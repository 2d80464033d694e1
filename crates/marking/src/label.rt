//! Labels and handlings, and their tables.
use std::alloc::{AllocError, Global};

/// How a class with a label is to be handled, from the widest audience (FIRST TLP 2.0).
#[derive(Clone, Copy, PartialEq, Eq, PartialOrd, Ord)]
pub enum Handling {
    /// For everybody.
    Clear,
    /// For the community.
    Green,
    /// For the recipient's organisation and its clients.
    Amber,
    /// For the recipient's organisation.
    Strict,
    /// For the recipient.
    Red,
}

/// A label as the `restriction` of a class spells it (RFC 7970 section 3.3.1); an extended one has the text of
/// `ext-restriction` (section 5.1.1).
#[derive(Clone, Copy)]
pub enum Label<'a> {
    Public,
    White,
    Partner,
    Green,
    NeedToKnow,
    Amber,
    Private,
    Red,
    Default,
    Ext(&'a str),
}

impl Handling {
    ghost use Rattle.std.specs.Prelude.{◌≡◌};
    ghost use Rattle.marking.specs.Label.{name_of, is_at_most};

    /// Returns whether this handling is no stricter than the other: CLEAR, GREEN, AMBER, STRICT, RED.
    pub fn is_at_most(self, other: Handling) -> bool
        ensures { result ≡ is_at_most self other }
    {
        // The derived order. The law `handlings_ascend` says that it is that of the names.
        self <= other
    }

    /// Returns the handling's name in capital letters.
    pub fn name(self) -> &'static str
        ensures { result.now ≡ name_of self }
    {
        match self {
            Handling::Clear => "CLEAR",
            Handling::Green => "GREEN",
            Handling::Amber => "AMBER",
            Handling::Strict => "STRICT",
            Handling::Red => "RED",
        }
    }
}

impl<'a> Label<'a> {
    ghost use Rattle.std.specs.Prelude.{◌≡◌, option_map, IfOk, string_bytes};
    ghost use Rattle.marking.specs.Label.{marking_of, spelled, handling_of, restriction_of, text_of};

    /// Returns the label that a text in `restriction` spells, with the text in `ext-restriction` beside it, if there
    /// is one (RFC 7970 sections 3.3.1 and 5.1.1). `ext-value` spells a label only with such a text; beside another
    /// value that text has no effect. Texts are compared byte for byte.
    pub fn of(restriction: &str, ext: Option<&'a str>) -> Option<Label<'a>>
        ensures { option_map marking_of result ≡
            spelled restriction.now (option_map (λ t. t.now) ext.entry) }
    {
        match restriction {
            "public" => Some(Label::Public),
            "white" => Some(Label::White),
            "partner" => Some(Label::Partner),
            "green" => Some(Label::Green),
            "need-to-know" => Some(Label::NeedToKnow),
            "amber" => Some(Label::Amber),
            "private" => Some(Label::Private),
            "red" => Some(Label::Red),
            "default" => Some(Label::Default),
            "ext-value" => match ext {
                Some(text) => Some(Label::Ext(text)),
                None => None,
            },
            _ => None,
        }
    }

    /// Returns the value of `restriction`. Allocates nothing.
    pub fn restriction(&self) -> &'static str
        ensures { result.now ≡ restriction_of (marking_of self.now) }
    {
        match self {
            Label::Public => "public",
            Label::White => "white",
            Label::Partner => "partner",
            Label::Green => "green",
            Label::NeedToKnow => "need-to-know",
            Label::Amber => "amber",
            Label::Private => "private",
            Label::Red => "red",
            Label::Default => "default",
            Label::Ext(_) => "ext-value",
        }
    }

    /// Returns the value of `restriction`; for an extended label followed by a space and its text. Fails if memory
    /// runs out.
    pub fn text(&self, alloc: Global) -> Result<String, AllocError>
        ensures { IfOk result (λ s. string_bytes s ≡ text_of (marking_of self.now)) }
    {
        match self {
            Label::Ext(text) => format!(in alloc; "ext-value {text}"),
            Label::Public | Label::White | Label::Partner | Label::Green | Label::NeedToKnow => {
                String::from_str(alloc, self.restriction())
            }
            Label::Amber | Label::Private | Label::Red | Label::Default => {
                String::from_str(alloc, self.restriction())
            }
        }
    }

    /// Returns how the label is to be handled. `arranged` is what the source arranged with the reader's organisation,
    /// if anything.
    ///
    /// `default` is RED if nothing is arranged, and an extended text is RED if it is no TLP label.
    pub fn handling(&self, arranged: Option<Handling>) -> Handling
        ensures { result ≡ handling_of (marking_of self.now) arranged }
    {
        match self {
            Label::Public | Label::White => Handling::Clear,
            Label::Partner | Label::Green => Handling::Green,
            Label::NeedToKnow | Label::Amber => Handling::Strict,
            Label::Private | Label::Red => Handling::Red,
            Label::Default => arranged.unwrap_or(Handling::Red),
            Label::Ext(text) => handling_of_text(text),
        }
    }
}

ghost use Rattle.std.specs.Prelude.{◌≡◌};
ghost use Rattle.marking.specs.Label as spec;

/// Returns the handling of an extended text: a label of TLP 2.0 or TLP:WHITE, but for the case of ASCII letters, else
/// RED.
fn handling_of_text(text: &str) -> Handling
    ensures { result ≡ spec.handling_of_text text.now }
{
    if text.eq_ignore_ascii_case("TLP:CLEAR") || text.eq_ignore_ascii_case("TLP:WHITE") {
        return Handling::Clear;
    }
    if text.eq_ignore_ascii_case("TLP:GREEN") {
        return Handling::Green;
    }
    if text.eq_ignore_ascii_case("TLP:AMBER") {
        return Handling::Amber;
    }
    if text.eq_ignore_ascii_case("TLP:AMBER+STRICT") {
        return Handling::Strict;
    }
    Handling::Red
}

++++++

* [TASK DESCRIPTION]
Retype word for word everything in the listing above from the line that holds "filename crates/marking/src/label.rt" down to the line that holds "byte for byte.". Keep both end lines and leave out the rest.

* [ANSWER TO THIS TASK]
filename crates/marking/src/label.rt
//! Labels and handlings, and their tables.
use std::alloc::{AllocError, Global};

/// How a class with a label is to be handled, from the widest audience (FIRST TLP 2.0).
#[derive(Clone, Copy, PartialEq, Eq, PartialOrd, Ord)]
pub enum Handling {
    /// For everybody.
    Clear,
    /// For the community.
    Green,
    /// For the recipient's organisation and its clients.
    Amber,
    /// For the recipient's organisation.
    Strict,
    /// For the recipient.
    Red,
}

/// A label as the `restriction` of a class spells it (RFC 7970 section 3.3.1); an extended one has the text of
/// `ext-restriction` (section 5.1.1).
#[derive(Clone, Copy)]
pub enum Label<'a> {
    Public,
    White,
    Partner,
    Green,
    NeedToKnow,
    Amber,
    Private,
    Red,
    Default,
    Ext(&'a str),
}

impl Handling {
    ghost use Rattle.std.specs.Prelude.{◌≡◌};
    ghost use Rattle.marking.specs.Label.{name_of, is_at_most};

    /// Returns whether this handling is no stricter than the other: CLEAR, GREEN, AMBER, STRICT, RED.
    pub fn is_at_most(self, other: Handling) -> bool
        ensures { result ≡ is_at_most self other }
    {
        // The derived order. The law `handlings_ascend` says that it is that of the names.
        self <= other
    }

    /// Returns the handling's name in capital letters.
    pub fn name(self) -> &'static str
        ensures { result.now ≡ name_of self }
    {
        match self {
            Handling::Clear => "CLEAR",
            Handling::Green => "GREEN",
            Handling::Amber => "AMBER",
            Handling::Strict => "STRICT",
            Handling::Red => "RED",
        }
    }
}

impl<'a> Label<'a> {
    ghost use Rattle.std.specs.Prelude.{◌≡◌, option_map, IfOk, string_bytes};
    ghost use Rattle.marking.specs.Label.{marking_of, spelled, handling_of, restriction_of, text_of};

    /// Returns the label that a text in `restriction` spells, with the text in `ext-restriction` beside it, if there
    /// is one (RFC 7970 sections 3.3.1 and 5.1.1). `ext-value` spells a label only with such a text; beside another
    /// value that text has no effect. Texts are compared byte for byte.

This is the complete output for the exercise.